**Exercise requirements**
Starting at the line below holding "link_fault classes ≡" and stopping at the line holding "pub use linked::Linked;", print every line exactly, both ends included, and leave the rest out.

**Supplied data**

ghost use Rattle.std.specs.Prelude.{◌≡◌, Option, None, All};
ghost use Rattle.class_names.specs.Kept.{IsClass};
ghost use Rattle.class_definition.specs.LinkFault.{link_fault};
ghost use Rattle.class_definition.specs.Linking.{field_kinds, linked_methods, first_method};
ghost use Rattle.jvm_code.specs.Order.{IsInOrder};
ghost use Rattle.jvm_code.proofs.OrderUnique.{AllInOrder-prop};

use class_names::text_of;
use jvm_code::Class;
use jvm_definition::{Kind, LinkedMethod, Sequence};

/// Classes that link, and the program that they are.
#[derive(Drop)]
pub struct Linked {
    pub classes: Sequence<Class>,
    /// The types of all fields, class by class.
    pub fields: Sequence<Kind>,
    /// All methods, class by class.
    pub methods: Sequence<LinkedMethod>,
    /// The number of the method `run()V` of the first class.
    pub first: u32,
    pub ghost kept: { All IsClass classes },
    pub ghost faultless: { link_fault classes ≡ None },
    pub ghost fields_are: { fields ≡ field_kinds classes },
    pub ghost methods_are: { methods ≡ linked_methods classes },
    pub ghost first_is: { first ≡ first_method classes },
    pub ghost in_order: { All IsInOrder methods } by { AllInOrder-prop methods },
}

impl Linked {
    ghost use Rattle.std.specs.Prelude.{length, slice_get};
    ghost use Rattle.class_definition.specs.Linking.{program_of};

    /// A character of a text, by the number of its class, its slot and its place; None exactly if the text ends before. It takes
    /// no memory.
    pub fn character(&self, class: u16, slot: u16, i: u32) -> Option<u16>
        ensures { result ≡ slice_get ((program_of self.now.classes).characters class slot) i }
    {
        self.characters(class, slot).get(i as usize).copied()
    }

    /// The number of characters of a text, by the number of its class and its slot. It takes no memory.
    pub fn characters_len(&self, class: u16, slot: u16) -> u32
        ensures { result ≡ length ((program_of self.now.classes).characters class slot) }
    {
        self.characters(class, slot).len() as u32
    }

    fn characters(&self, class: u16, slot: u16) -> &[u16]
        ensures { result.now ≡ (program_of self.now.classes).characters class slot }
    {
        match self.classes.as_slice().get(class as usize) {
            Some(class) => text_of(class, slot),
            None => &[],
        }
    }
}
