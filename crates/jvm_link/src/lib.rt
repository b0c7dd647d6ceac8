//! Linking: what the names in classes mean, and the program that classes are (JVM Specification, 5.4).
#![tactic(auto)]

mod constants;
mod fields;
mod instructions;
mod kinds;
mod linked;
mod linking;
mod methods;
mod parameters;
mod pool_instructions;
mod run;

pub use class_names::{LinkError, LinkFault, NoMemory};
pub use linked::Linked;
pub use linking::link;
==
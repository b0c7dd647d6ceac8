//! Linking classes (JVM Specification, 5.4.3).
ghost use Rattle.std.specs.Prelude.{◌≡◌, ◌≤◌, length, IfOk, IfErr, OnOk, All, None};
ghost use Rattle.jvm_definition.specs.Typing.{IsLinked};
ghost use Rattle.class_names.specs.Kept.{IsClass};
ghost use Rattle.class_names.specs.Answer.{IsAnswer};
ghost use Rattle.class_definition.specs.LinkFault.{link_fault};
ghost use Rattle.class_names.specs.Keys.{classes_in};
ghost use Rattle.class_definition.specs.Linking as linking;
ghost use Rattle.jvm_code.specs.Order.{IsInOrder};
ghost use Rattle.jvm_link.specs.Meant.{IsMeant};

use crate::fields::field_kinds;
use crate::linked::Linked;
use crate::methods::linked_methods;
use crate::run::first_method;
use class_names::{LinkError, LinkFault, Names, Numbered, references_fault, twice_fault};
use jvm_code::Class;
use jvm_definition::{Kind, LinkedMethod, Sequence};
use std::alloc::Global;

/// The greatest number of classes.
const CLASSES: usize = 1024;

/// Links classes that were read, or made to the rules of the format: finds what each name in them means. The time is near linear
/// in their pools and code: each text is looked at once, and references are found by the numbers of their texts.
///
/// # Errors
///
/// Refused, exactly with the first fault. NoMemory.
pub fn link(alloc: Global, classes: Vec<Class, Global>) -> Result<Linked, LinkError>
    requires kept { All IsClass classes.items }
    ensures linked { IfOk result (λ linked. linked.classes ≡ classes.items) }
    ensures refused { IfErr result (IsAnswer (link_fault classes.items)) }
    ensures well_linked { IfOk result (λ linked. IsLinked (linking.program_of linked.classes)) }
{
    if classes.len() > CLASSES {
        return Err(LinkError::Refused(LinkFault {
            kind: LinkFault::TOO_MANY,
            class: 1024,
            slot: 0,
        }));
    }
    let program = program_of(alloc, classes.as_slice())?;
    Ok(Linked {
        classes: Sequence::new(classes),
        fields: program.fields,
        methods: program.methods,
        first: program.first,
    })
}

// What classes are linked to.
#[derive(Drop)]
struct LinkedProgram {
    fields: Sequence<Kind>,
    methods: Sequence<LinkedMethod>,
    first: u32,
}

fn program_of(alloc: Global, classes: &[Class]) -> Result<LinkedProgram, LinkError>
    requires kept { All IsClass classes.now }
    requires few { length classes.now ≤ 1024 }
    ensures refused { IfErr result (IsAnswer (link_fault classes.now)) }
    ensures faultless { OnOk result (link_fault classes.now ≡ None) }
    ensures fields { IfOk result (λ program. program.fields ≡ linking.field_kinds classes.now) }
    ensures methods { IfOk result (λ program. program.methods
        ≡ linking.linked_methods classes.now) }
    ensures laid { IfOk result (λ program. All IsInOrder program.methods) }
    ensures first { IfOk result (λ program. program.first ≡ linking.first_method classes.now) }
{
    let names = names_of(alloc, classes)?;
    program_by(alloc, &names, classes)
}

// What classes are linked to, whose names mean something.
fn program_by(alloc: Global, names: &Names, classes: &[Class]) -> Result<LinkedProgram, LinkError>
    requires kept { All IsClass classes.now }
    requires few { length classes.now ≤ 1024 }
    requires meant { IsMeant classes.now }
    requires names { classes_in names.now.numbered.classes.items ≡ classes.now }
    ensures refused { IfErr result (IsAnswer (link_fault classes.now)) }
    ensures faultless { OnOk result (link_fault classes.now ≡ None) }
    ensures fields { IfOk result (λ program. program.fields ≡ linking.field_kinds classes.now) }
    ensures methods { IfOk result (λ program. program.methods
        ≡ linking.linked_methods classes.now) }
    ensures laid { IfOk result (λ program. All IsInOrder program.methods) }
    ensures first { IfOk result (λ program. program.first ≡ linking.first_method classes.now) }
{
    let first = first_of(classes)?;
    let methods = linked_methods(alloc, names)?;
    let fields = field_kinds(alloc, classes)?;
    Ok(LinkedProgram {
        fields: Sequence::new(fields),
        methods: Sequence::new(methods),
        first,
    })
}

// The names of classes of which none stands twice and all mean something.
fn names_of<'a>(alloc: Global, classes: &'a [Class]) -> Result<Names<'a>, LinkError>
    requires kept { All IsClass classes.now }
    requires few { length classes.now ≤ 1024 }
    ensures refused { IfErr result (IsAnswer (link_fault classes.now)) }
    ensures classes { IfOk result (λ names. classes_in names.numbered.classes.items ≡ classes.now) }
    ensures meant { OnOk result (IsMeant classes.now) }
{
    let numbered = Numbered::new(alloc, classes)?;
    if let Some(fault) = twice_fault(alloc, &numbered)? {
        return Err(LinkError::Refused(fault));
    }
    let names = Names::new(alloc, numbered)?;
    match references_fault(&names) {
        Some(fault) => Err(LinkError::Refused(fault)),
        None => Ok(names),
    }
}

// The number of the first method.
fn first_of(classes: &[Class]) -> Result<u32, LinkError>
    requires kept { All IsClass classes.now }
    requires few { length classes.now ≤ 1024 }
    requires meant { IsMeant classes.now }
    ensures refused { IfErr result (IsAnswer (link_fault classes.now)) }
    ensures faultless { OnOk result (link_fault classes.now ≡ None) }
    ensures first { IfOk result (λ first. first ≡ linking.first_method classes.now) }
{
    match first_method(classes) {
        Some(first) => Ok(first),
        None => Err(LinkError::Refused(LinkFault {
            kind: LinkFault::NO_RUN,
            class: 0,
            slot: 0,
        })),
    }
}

**Response area**
    pub ghost faultless: { link_fault classes ≡ None },
    pub ghost fields_are: { fields ≡ field_kinds classes },
    pub ghost methods_are: { methods ≡ linked_methods classes },
    pub ghost first_is: { first ≡ first_method classes },
    pub ghost in_order: { All IsInOrder methods } by { AllInOrder-prop methods },
}

impl Linked {
    ghost use Rattle.std.specs.Prelude.{length, slice_get};
    ghost use Rattle.class_definition.specs.Linking.{program_of};

    /// A character of a text, by the number of its class, its slot and its place; None exactly if the text ends before. It takes
    /// no memory.
    pub fn character(&self, class: u16, slot: u16, i: u32) -> Option<u16>
        ensures { result ≡ slice_get ((program_of self.now.classes).characters class slot) i }
    {
        self.characters(class, slot).get(i as usize).copied()
    }

    /// The number of characters of a text, by the number of its class and its slot. It takes no memory.
    pub fn characters_len(&self, class: u16, slot: u16) -> u32
        ensures { result ≡ length ((program_of self.now.classes).characters class slot) }
    {
        self.characters(class, slot).len() as u32
    }

    fn characters(&self, class: u16, slot: u16) -> &[u16]
        ensures { result.now ≡ (program_of self.now.classes).characters class slot }
    {
        match self.classes.as_slice().get(class as usize) {
            Some(class) => text_of(class, slot),
            None => &[],
        }
    }
}
filename crates/jvm_link/src/lib.rt
repository b0c7dd647d6ceac8
//! Linking: what the names in classes mean, and the program that classes are (JVM Specification, 5.4).
#![tactic(auto)]

mod constants;
mod fields;
mod instructions;
mod kinds;
mod linked;
mod linking;
mod methods;
mod parameters;
mod pool_instructions;
mod run;

pub use class_names::{LinkError, LinkFault, NoMemory};
pub use linked::Linked;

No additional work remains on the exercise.